◆ Data entries
┄┄┄┄┄┄┄┄┄┄

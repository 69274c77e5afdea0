ghost use Rattle.std.specs.Prelude.{◌≡◌, ℕ, List, Option};
ghost use Rattle.jobs.specs.JobView.{JobView};
ghost use Rattle.versions.specs.Judged.{AreAccepted, NameNodes, judged_within};
ghost use Rattle.versions.specs.Waiting.{changes_of};
ghost use Rattle.versions.specs.Kept.{AreInOrder, CarryWell, KeepKinds};
ghost use Rattle.versions.specs.declared.request.Request.{Request as RequestIs};

/// Where judging a list of requests refuses none of them, each of their changes names a node of the
/// job.
pub fn accepted_requests_name_nodes()
    ensures { (job : JobView) (requests : List RequestIs) → AreAccepted job requests
        → NameNodes job requests }
{}

/// The accepted requests of a judged list, judged by themselves, are all accepted. So are those of
/// a list that was judged with a mask of the nodes that may be splits.
pub fn accepted_requests_stay_accepted()
    ensures { (splits : Option ℕ) (job : JobView) (requests : List RequestIs)
        → AreAccepted job (judged_within splits job requests).accepted }
{}

/// If judging a list of requests refuses none of them, requests with the same changes are accepted
/// too, whichever rows they wait for in their order.
pub fn accepted_requests_may_wait()
    ensures { (job : JobView) (requests others : List RequestIs) → AreAccepted job requests
        → changes_of others ≡ changes_of requests → AreInOrder 0 others
        → AreAccepted job others }
{}

/// If judging a list of requests refuses none of them, each of their functions may replace the one
/// that the job gives the node. It is of its kind and counts by the same key, or both are free
/// kinds and one edge leaves the node. Its fan-out is at most the node's roof. So no source, sink
/// or replicate is changed.
pub fn accepted_requests_keep_kinds()
    ensures { (job : JobView) (requests : List RequestIs) → AreAccepted job requests
        → KeepKinds job requests }
{}

/// None of them waits for an earlier row than the one before it.
pub fn accepted_requests_are_in_order()
    ensures { (job : JobView) (requests : List RequestIs) → AreAccepted job requests
        → AreInOrder 0 requests }
{}

/// None of their changes divides counts by less than 1.
pub fn accepted_requests_carry_well()
    ensures { (job : JobView) (requests : List RequestIs) → AreAccepted job requests
        → CarryWell requests }
{}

┄┄┄┄┄┄┄┄┄┄

◆ Task instructions
Please restate only the opening stretch of the records above: every line from the first through the one containing "replace the one", exactly as written.

◆ Answer area
repository 69274c77e5afdea0
ghost use Rattle.std.specs.Prelude.{◌≡◌, ℕ, List, Option};
ghost use Rattle.jobs.specs.JobView.{JobView};
ghost use Rattle.versions.specs.Judged.{AreAccepted, NameNodes, judged_within};
ghost use Rattle.versions.specs.Waiting.{changes_of};
ghost use Rattle.versions.specs.Kept.{AreInOrder, CarryWell, KeepKinds};
ghost use Rattle.versions.specs.declared.request.Request.{Request as RequestIs};

/// Where judging a list of requests refuses none of them, each of their changes names a node of the
/// job.
pub fn accepted_requests_name_nodes()
    ensures { (job : JobView) (requests : List RequestIs) → AreAccepted job requests
        → NameNodes job requests }
{}

/// The accepted requests of a judged list, judged by themselves, are all accepted. So are those of
/// a list that was judged with a mask of the nodes that may be splits.
pub fn accepted_requests_stay_accepted()
    ensures { (splits : Option ℕ) (job : JobView) (requests : List RequestIs)
        → AreAccepted job (judged_within splits job requests).accepted }
{}

/// If judging a list of requests refuses none of them, requests with the same changes are accepted
/// too, whichever rows they wait for in their order.
pub fn accepted_requests_may_wait()
    ensures { (job : JobView) (requests others : List RequestIs) → AreAccepted job requests
        → changes_of others ≡ changes_of requests → AreInOrder 0 others
        → AreAccepted job others }
{}

/// If judging a list of requests refuses none of them, each of their functions may replace the one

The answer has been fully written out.